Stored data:

▼

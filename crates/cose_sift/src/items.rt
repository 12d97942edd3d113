//! The next item of a sequence.
ghost use Rattle.std.specs.Prelude.{◌≡◌, [], None, OnOk, IfErr};
ghost use Rattle.std.specs.Io.KnownBytes.{Keeps};
ghost use Rattle.ciborium_ll.specs.Seen.{Takes};
ghost use Rattle.ciborium_ll.specs.Views.{waiting_of, seen};
ghost use Rattle.cbor_walk.specs.Grammar.{Item};
ghost use Rattle.cbor_walk.specs.Walking.{Goes, IsOne, IsSound};
ghost use Rattle.cose_sift.specs.Taking.{due_by, IsDue, Held, ItemFails, IsPlace, failures_after};
ghost use Rattle.cose_sift.specs.Taking.{writer_failures, ItemDeepAt};
ghost use Rattle.cose_sift.specs.declared.items.Halt.TheVariants as halt;

use crate::taking::{Stop, Taking};
use ciborium_ll::{Decoder, Read, Write};
use std::alloc::Global;

/// A step waits for input only if fewer bytes are at hand.
const HEAD: usize = 9;

/// What stops a run.
#[derive(Debug, Clone, Copy, PartialEq, Eq)]
pub enum Halt {
    /// No item goes on.
    Decode(Stop),
    /// The output failed.
    Write,
}

/// Flushes the output and the lines if the next step may wait for input.
fn hand_on<R: Read, W: Write, E: Write>(
    decoder: &Decoder<R>,
    out: &mut W,
    lines: &mut E,
) -> Result<(), Halt>
    ensures out { Keeps (W.written out.old) (W.written out.new) }
    ensures lines { Keeps (E.written lines.old) (E.written lines.new) }
    ensures err { IfErr result (λ fault. fault ≡ halt.Write) }
    ensures writer { W.failed out.new ≡ writer_failures result (W.failed out.old) }
{
    if decoder.held().len() >= HEAD {
        return Ok(());
    }
    let _ = lines.flush();
    match out.flush() {
        Ok(()) => Ok(()),
        Err(_) => Err(Halt::Write),
    }
}

/// Takes the next item. Before it waits for input it flushes the output and the lines.
///
/// # Errors
/// `Decode` if no item begins, and `Write`.
pub fn take_item<R: Read, W: Write, E: Write>(
    alloc: Global,
    taking: &mut Taking,
    decoder: &mut Decoder<R>,
    out: &mut W,
    lines: &mut E,
) -> Result<(), Halt>
    requires starts { Goes Item (due_by taking.old) [] }
    requires held { Held taking.old [] }
    requires due { IsDue taking.old }
    requires fresh { waiting_of decoder.old ≡ None }
    ensures ok { OnOk result (Takes (seen R.Read decoder.old) (seen R.Read decoder.new)
        (λ x. IsOne x × Held taking.new x)) }
    ensures err { IfErr result (ItemFails (seen R.Read decoder.old) (seen R.Read decoder.new)) }
    ensures place { IsSound taking.old.walk → IfErr result (IsPlace (seen R.Read decoder.old)
        (seen R.Read decoder.new)) }
    ensures failed { (seen R.Read decoder.new).failed
        ≡ failures_after result (seen R.Read decoder.old).failed }
    ensures fresh { waiting_of decoder.new ≡ None }
    ensures out { Keeps (W.written out.old) (W.written out.new) }
    ensures lines { Keeps (E.written lines.old) (E.written lines.new) }
    ensures max { taking.new.max ≡ taking.old.max }
    ensures most { taking.new.walk.most ≡ taking.old.walk.most }
    ensures deep { IsSound taking.old.walk → IfErr result (ItemDeepAt taking.old.walk.most
        (seen R.Read decoder.old) (seen R.Read decoder.new)) }
    ensures writer { W.failed out.new ≡ writer_failures result (W.failed out.old) }
{
    'steps: for _ in 0..u64::MAX {
        match hand_on(decoder, out, lines) {
            Ok(()) => {}
            Err(halt) => return Err(halt),
        }
        match taking.step(alloc, decoder) {
            Ok(()) => {}
            Err(stop) => return Err(Halt::Decode(stop)),
        }
        if taking.is_done() {
            return Ok(());
        }
    }
    Err(Halt::Decode(Stop::TooLong))
}
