//! Nodes on one link: what happens to them all, and what is reported of it. These are definitions and their laws, by which `nd_link` runs.
#![tactic(auto)]

pub mod laws;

▲

● **YOUR TASK**
Print each record again. Nothing may be left out.

● **RESPONSE TO THE TASK**
filename crates/cose_sift/src/items.rt
repository 12d97942edd3d113
//! The next item of a sequence.
ghost use Rattle.std.specs.Prelude.{◌≡◌, [], None, OnOk, IfErr};
ghost use Rattle.std.specs.Io.KnownBytes.{Keeps};
ghost use Rattle.ciborium_ll.specs.Seen.{Takes};
ghost use Rattle.ciborium_ll.specs.Views.{waiting_of, seen};
ghost use Rattle.cbor_walk.specs.Grammar.{Item};
ghost use Rattle.cbor_walk.specs.Walking.{Goes, IsOne, IsSound};
ghost use Rattle.cose_sift.specs.Taking.{due_by, IsDue, Held, ItemFails, IsPlace, failures_after};
ghost use Rattle.cose_sift.specs.Taking.{writer_failures, ItemDeepAt};
ghost use Rattle.cose_sift.specs.declared.items.Halt.TheVariants as halt;

use crate::taking::{Stop, Taking};
use ciborium_ll::{Decoder, Read, Write};
use std::alloc::Global;

/// A step waits for input only if fewer bytes are at hand.
const HEAD: usize = 9;

/// What stops a run.
#[derive(Debug, Clone, Copy, PartialEq, Eq)]
pub enum Halt {
    /// No item goes on.
    Decode(Stop),
    /// The output failed.
    Write,
}

/// Flushes the output and the lines if the next step may wait for input.
fn hand_on<R: Read, W: Write, E: Write>(
    decoder: &Decoder<R>,
    out: &mut W,
    lines: &mut E,
) -> Result<(), Halt>
    ensures out { Keeps (W.written out.old) (W.written out.new) }
    ensures lines { Keeps (E.written lines.old) (E.written lines.new) }
    ensures err { IfErr result (λ fault. fault ≡ halt.Write) }
    ensures writer { W.failed out.new ≡ writer_failures result (W.failed out.old) }
{
    if decoder.held().len() >= HEAD {
        return Ok(());
    }
    let _ = lines.flush();
    match out.flush() {
        Ok(()) => Ok(()),
        Err(_) => Err(Halt::Write),
    }
}

/// Takes the next item. Before it waits for input it flushes the output and the lines.
///
/// # Errors
/// `Decode` if no item begins, and `Write`.
pub fn take_item<R: Read, W: Write, E: Write>(
    alloc: Global,
    taking: &mut Taking,
    decoder: &mut Decoder<R>,
    out: &mut W,
    lines: &mut E,
) -> Result<(), Halt>
    requires starts { Goes Item (due_by taking.old) [] }
    requires held { Held taking.old [] }
    requires due { IsDue taking.old }
    requires fresh { waiting_of decoder.old ≡ None }
    ensures ok { OnOk result (Takes (seen R.Read decoder.old) (seen R.Read decoder.new)
        (λ x. IsOne x × Held taking.new x)) }
    ensures err { IfErr result (ItemFails (seen R.Read decoder.old) (seen R.Read decoder.new)) }
    ensures place { IsSound taking.old.walk → IfErr result (IsPlace (seen R.Read decoder.old)
        (seen R.Read decoder.new)) }
    ensures failed { (seen R.Read decoder.new).failed
        ≡ failures_after result (seen R.Read decoder.old).failed }
    ensures fresh { waiting_of decoder.new ≡ None }
    ensures out { Keeps (W.written out.old) (W.written out.new) }
    ensures lines { Keeps (E.written lines.old) (E.written lines.new) }
    ensures max { taking.new.max ≡ taking.old.max }
    ensures most { taking.new.walk.most ≡ taking.old.walk.most }
    ensures deep { IsSound taking.old.walk → IfErr result (ItemDeepAt taking.old.walk.most
        (seen R.Read decoder.old) (seen R.Read decoder.new)) }
    ensures writer { W.failed out.new ≡ writer_failures result (W.failed out.old) }
{
    'steps: for _ in 0..u64::MAX {
        match hand_on(decoder, out, lines) {
            Ok(()) => {}
            Err(halt) => return Err(halt),
        }
        match taking.step(alloc, decoder) {
            Ok(()) => {}
            Err(stop) => return Err(Halt::Decode(stop)),
        }
        if taking.is_done() {
            return Ok(());
        }
    }
    Err(Halt::Decode(Stop::TooLong))
}
//! Nodes on one link: what happens to them all, and what is reported of it. These are definitions and their laws, by which `nd_link` runs.
#![tactic(auto)]

pub mod laws;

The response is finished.